Yesterday, the House of Representatives voted to curb federal asset forfeitures, a program that enables law enforcement officers to seize private property, often in cases where the owner was never even charged with a crime, much less convicted. The House bill passed by a virtually unanimous voice vote. It would defund a federal asset forfeiture program reinstated by Attorney General Jeff Sessions, after Obama AG Eric Holder had previously taken steps to curb it:
The House voted Tuesday to curb the law enforcement practice of seizing cash and property from people who are suspected of illegal activity but who have not necessarily been charged.
A bipartisan group of lawmakers pushed an amendment to a government-spending package for 2018 that would prohibit the Trump administration from using funds to remove restrictions on the use of asset forfeiture. The practice allows law enforcement to seize cash and property and keep at least part of the proceeds.
Opposition to relaxing asset-forfeiture limits produced a strange-bedfellows effort by members of the conservative House Freedom Caucus and liberal progressives. Sponsors of the amendment included Reps. Justin Amash (R-Mich.), Mark Sanford (R-S.C.), Raúl Labrador (R-Idaho), Pramila Jayapal (D-Wash.), Ro Khanna (D-Calif.) and Don Beyer (D-Va.).
Their amendment would specifically restrict the use of what’s known as “adoptive forfeiture,” which allows the federal government to take assets seized by local authorities.
Critics say that the practice has allowed local authorities to circumvent state laws that were stricter than under federal statute. About two dozen states have laws that make it harder for authorities to seize property if a person has not been convicted of a crime.
The funding restrictions passed by a unanimous voice vote. Among the leaders in the effort to curb asset forfeitures were libertarian-leaning Republican Justin Amash and progressive Democrat (and longtime American University law professor) Jamin Raskin.
In 2015, Obama attorney general Eric Holder established a new policy significantly curtailing, though by no means abolishing, adoptive forfeiture, also known as “equitable sharing.” This July, Jeff Sessions reversed Holder’s decision and reinstated the program. For reasons I described here, the Sessions’ decision is a menace to both property rights (especially those of the poor) and federalism:
Sessions claims that the policy is needed to ensure that criminals are not “allowed to keep the proceeds of their crime.” In reality, however, some 87% of federal asset forfeiture cases do not require any prosecution or conviction. Often, authorities seize property they think might potentially have been used to commit a crime, even if the owner did not violate any criminal laws himself. The opportunity to profit from the sale of forfeited assets creates perverse incentives to seize as much as possible….
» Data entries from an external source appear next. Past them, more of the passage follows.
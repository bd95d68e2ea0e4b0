//! That the calls of the law of lists list what is worked out.

use super::*;
use sr_audit::{Arrival, Copied, Listed, Side, Span, Spans};
use sr_frame::Mac;
use sr_sequence::Seq;
use sr_slots::Keys;

const ONE: Mac = Mac([2, 0, 0, 0, 0, 1]);

const OTHER: Mac = Mac([2, 0, 0, 0, 0, 2]);

/// The capture of A ends before the last frame.
const SPANS: Spans = Spans {
    a: Some(Span { first: 5, last: 60 }),
    b: Some(Span {
        first: 5,
        last: 100,
    }),
};

fn copy(src: Mac, side: Side, seq: u16, time: u64, packet: u64) -> Copied {
    Copied {
        src,
        arrival: Arrival {
            side,
            seq: Seq(seq),
            time,
        },
        packet,
    }
}

/// Of the frames 7, 8, 10 and 11 of a source B lost 8, no frame has the number 9, and 11 came when A was not recorded.
#[test]
fn lines_are_those_that_are_worked_out(rt: HostRuntime) {
    let copies = [
        copy(ONE, Side::A, 7, 10, 1),
        copy(ONE, Side::B, 7, 12, 2),
        copy(ONE, Side::A, 8, 20, 3),
        copy(OTHER, Side::A, 500, 30, 4),
        copy(ONE, Side::B, 10, 40, 5),
        copy(ONE, Side::A, 10, 42, 6),
        copy(ONE, Side::B, 11, 90, 7),
    ];
    let wanted = [
        Listed::Pair(copies[0], 12),
        Listed::Pair(copies[5], 40),
        Listed::Lost(copies[2]),
        Listed::Neither(ONE, Seq(9), 40),
    ];
    match list_source(rt.alloc(), Keys::FIXED, SPANS, 0, &copies, ONE) {
        Ok(lines) => assert_eq!(rt; lines.as_slice(), &wanted[..]),
        Err(_) => panic!(rt; "no memory"),
    }
}
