//! Tests of RedBoxes, of nodes over their roles, and of plants, above the crates that they test, so that these are proved once.
#![tactic(auto)]

#[cfg(test)]
mod plants;
#[cfg(test)]
mod redboxes;
#[cfg(test)]
mod settings;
[A]sset forfeiture has attracted widespread opposition on both right and left, because it undermines property rights, harms numerous innocent people, and especially tends to victimize the poor and minorities, who often lack the resources to contest seizures. In many states, owners have little opportunity to contest seizures, thereby enabling authorities to hold on to their seized property for months or even years, without so much as a hearing. In my view, such practices violate the Due Process Clause of the Fourteenth Amendment… Justice Clarence Thomas also raised serious concerns about the constitutionality of asset forfeitures in a recent opinion….
Sessions’ new policy is a menace to federalism as well as property rights. Many states have enacted reforms preventing law enforcement agencies from profiting from asset forfeitures, thereby reducing incentives to seize the property of people who have not been convicted of any crimes. Equitable sharing circumvents these state laws, by enabling police to profit from seizures through payments funneled through the federal government. As a result, law enforcement agencies will have incentives to prioritize drug cases that are likely to net them money over violent crime and other objectives that state governments might value more.
This vote is a rare show of bipartisan, cross-ideological unity in a good cause. But it remains to be seen whether it will will pass the Senate. In addition, because this is a defunding measure rather than an outright ban on equitable sharing, it might potentially be possible for the Justice Department to try to perpetuate equitable sharing in ways that technically don’t expend federal funds. For example, perhaps participating states will pony up funding to continue the program. Ideally, Congress should forestall such shenanigans by simply banning equitable sharing and other abusive asset forfeiture practices outright. That said, this vote is definitely a step in the right direction, and a sign that respect for federalism and property rights is not completely dead in Congress.